RECORDS SUPPLIED:
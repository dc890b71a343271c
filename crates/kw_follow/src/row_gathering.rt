//! The cells of a group, gathered along the list of one of its rows.
//!
//! A rebalance makes four events for each cell, as a reader does who gathers all. All that changes
//! between them is how far it has come and which cell it has at hand, the cells that it gathered,
//! and those that it need not remember any more. So code that goes along the list keeps the first
//! two in a `Cursor`, and leaves all else of its local where it was, the row at hand too, until the
//! list is at its end: `with_cursor` says which local the two stand for.
ghost use Rattle.std.specs.Prelude.{◌≡◌, IfNone, IfSome, ◌<◌, ◌≤◌, ◌+◌};
ghost use Rattle.kw_words.specs.Plain.{value_of_word};
ghost use Rattle.kw_words.specs.declared.sizes.TheConstants.{CELLS, MOST_CELLS};
ghost use Rattle.kw_follow.specs.BuildsOn.{IsHand, forgetting_mark, past_list, taking_at};
ghost use Rattle.kw_follow.specs.Cursors.{cell_at, reached};
ghost use Rattle.kw_follow.specs.Following.{Follows};
ghost use Rattle.kw_follow.specs.Reaching.{Advances};

use crate::cursor::Cursor;
use kw_cells::cell::Cell;
use kw_step_put::operation::link_name;
use kw_step_rebal::resume_take::take_from;
use kw_table::{Pass, Shared, load_after, load_key, load_value, load_version};
use kw_words::layout::Name;
use kw_words::plain::{unpack_cell_link, unpack_key};
use kw_words::sizes::CELL_COUNT;
use kw_world::activity::Activity;
use kw_world::activity::rebalance::Rebalance;
use kw_world::activity::rebalance::gather::Gather;
use kw_world::event::Choice;
use kw_world::group::place_in_group;
use kw_world::local::Local;

/// The row of the group that is at hand, and where the places of its cells begin.
#[derive(Clone, Copy, Debug, PartialEq, Eq)]
pub struct Hand {
    /// The row.
    pub row: u32,
    /// The place in the group of its first cell.
    pub base: u32,
}

impl Hand {
    /// The row that a seat with this local has at hand.
    #[inline(always)]
    pub fn of(local: &Local) -> Hand
        ensures { IsHand result local.now.rebalance }
    {
        Hand {
            row: local.rebalance.hand,
            base: place_in_group(&local.rebalance, 0),
        }
    }
}

/// Loads the link at which the cursor stands, and reaches the cell to which it leads: the answer is
/// the cursor there. None where the list is at its end; the local then has the cursor again, and
/// has gone on to a cell that it remembers and did not reach, to the list of the next row of the
/// group, or to the search for free rows. Takes no memory.
#[inline(always)]
pub fn reach_next(
    shared: &Shared,
    pass: &mut Pass,
    local: &mut Local,
    cursor: Cursor,
    hand: Hand,
) -> Option<Cursor>
    requires hand { IsHand hand local.old.rebalance }
    requires follows { Follows shared.now pass.old (taking_at Gather.Link cursor local.old) }
    ensures saw { IfSome result (λ saw. Advances shared.now pass.old pass.new
        (taking_at Gather.Key saw local.new)) }
    ensures hand { IfSome result (λ saw. IsHand hand local.new.rebalance) }
    ensures over { IfNone result (Advances shared.now pass.old pass.new local.new) }
    ensures left { IfNone result (local.new ≡ past_list cursor local.old) }
    ensures tidies { local.new.tidies ≡ local.old.tidies }
{
    let name = link_name(hand.row, cursor.link);
    let link = load_after(shared, pass, name);
    match unpack_cell_link(link) {
        Some(cell) => Some(reach(local, cursor, hand, cell)),
        None => {
            cursor.write(local, Activity::Rebalance(Rebalance::Gather(Gather::Link)));
            take_from(local, link);
            None
        }
    }
}

// The link led to this cell, which need not be remembered any more.
#[inline(always)]
fn reach(local: &mut Local, cursor: Cursor, hand: Hand, cell: u32) -> Cursor
    requires hand { IsHand hand local.old.rebalance }
    requires walked { cursor.walked ≤ CELLS }
    requires cell { cell < MOST_CELLS }
    ensures cursor { result ≡ reached cell cursor }
    ensures local { local.new ≡ forgetting_mark cell local.old }
    ensures hand { IsHand hand local.new.rebalance }
{
    local.rebalance.marks.forget(hand.base + cell);
    let mut next = cursor;
    next.place = cell;
    next.walked = (cursor.walked + 1).min(CELL_COUNT);
    next
}

/// Loads the key, the version and the value of the cell at hand, and gathers it. The answer is the
/// cursor at the link after it. Takes no memory.
#[inline(always)]
pub fn gather_cell(
    shared: &Shared,
    pass: &mut Pass,
    local: &mut Local,
    cursor: Cursor,
    hand: Hand,
) -> Cursor
    requires hand { IsHand hand local.old.rebalance }
    requires follows { Follows shared.now pass.old (taking_at Gather.Key cursor local.old) }
    ensures on { Advances shared.now pass.old pass.new (taking_at Gather.Link result local.new) }
    ensures hand { IsHand hand local.new.rebalance }
    ensures tidies { local.new.tidies ≡ local.old.tidies }
{
    let row = hand.row;
    let key_name = Name::Key(row, cursor.place);
    let key = load_key(shared, pass, Choice::Go, key_name);
    let keyed = cursor.with_key(unpack_key(key));
    let version_name = Name::Version(row, keyed.place);
    let version = load_version(shared, pass, version_name);
    let read = keyed.with_version(version);
    let value_name = Name::Value(row, read.place);
    let value = load_value(shared, pass, value_name);
    let cell = cell_of_group(hand, read, value);
    local.rebalance.gathered.gather(cell);
    read.past()
}

// The cell at hand, of which this value was told, with its place in the group.
#[inline(always)]
fn cell_of_group(hand: Hand, cursor: Cursor, found: u64) -> Cell
    requires within { hand.base ≤ CELLS }
    requires place { cursor.place < MOST_CELLS }
    ensures { result ≡ record (cell_at cursor (value_of_word found))
        { place = hand.base + cursor.place } }
{
    let mut cell = cursor.cell(found);
    cell.place = hand.base + cursor.place;
    cell
}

DIRECTIONS FOR THIS TASK: Reproduce exactly the section above that begins at the line containing "its cells begin." and ends at the line containing "cursor again, and", leaving out all other lines.

YOUR RESPONSE:
/// The row of the group that is at hand, and where the places of its cells begin.
#[derive(Clone, Copy, Debug, PartialEq, Eq)]
pub struct Hand {
    /// The row.
    pub row: u32,
    /// The place in the group of its first cell.
    pub base: u32,
}

impl Hand {
    /// The row that a seat with this local has at hand.
    #[inline(always)]
    pub fn of(local: &Local) -> Hand
        ensures { IsHand result local.now.rebalance }
    {
        Hand {
            row: local.rebalance.hand,
            base: place_in_group(&local.rebalance, 0),
        }
    }
}

/// Loads the link at which the cursor stands, and reaches the cell to which it leads: the answer is
/// the cursor there. None where the list is at its end; the local then has the cursor again, and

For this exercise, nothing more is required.